### The input ###
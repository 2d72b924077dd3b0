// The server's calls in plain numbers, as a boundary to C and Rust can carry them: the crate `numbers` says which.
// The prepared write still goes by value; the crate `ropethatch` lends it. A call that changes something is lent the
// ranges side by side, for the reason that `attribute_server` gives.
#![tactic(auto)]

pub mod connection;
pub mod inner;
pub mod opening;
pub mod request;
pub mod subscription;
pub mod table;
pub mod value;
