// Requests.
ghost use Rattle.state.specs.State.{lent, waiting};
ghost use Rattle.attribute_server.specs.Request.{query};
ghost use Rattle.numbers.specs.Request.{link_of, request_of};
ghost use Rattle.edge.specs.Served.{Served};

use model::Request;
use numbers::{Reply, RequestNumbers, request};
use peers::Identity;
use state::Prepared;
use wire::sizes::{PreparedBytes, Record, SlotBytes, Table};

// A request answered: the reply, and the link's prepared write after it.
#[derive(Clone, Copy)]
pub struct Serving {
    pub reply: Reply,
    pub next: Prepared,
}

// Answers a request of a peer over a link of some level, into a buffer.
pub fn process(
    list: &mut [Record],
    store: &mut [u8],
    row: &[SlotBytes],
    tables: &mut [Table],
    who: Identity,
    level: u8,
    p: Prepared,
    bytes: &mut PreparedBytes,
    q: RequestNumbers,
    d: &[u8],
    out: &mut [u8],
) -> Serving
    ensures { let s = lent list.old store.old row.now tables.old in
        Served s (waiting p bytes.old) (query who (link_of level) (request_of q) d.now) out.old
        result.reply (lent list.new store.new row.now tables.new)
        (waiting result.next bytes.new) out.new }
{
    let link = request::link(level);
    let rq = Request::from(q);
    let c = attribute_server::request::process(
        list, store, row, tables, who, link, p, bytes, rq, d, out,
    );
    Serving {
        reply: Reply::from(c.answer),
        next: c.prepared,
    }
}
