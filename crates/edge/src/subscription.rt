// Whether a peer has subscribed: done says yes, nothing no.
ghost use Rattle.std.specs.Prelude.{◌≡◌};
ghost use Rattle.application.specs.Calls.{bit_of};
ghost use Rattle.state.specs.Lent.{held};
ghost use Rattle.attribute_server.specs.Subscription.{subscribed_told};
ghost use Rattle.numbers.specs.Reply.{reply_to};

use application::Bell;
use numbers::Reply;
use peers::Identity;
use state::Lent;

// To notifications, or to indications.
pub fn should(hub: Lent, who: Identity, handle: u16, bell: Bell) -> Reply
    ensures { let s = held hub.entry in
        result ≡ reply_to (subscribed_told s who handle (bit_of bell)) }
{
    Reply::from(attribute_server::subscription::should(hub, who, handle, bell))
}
###
### The input ###
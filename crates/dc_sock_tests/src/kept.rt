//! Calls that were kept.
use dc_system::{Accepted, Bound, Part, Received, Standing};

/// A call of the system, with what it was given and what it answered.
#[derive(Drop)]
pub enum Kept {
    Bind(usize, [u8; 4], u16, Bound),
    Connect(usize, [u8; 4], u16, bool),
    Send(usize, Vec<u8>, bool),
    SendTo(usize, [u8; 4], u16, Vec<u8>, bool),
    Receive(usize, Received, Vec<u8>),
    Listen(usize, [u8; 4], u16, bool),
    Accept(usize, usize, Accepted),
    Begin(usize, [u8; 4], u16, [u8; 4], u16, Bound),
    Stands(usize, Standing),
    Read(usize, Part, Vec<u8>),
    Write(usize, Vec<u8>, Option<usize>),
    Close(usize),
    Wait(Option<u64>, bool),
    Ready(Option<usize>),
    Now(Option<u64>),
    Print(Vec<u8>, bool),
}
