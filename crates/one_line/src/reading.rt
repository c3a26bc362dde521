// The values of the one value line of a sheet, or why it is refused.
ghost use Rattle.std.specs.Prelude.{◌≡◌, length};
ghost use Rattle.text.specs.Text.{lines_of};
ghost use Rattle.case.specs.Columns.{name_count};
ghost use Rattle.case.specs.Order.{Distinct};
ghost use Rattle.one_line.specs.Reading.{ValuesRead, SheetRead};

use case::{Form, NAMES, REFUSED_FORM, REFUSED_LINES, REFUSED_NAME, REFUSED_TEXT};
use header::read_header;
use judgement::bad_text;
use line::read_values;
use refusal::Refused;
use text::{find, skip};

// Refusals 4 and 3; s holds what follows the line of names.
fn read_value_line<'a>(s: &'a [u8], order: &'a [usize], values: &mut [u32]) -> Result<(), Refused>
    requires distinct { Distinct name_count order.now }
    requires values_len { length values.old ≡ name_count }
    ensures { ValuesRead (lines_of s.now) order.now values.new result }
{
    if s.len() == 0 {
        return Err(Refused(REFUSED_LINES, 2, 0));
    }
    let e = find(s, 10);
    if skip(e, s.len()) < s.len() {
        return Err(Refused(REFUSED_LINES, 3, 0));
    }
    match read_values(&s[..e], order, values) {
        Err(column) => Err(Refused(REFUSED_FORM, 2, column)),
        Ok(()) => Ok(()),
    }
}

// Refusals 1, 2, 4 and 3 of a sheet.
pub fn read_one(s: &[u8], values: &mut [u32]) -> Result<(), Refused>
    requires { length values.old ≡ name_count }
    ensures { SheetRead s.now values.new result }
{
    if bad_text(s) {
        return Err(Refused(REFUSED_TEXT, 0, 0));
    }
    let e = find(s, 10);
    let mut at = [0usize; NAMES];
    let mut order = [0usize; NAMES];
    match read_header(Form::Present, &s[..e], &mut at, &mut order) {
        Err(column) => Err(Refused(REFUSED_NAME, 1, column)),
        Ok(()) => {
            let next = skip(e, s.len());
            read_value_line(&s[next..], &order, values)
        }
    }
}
###
Activity:
Write out exactly the lines above from the line with "repository 2d72b924077dd3b0" through the line with "write after it.", both of them included, and leave out all other lines.

Response box:
repository 2d72b924077dd3b0
// The server's calls in plain numbers, as a boundary to C and Rust can carry them: the crate `numbers` says which.
// The prepared write still goes by value; the crate `ropethatch` lends it. A call that changes something is lent the
// ranges side by side, for the reason that `attribute_server` gives.
#![tactic(auto)]

pub mod connection;
pub mod inner;
pub mod opening;
pub mod request;
pub mod subscription;
pub mod table;
pub mod value;
// Requests.
ghost use Rattle.state.specs.State.{lent, waiting};
ghost use Rattle.attribute_server.specs.Request.{query};
ghost use Rattle.numbers.specs.Request.{link_of, request_of};
ghost use Rattle.edge.specs.Served.{Served};

use model::Request;
use numbers::{Reply, RequestNumbers, request};
use peers::Identity;
use state::Prepared;
use wire::sizes::{PreparedBytes, Record, SlotBytes, Table};

// A request answered: the reply, and the link's prepared write after it.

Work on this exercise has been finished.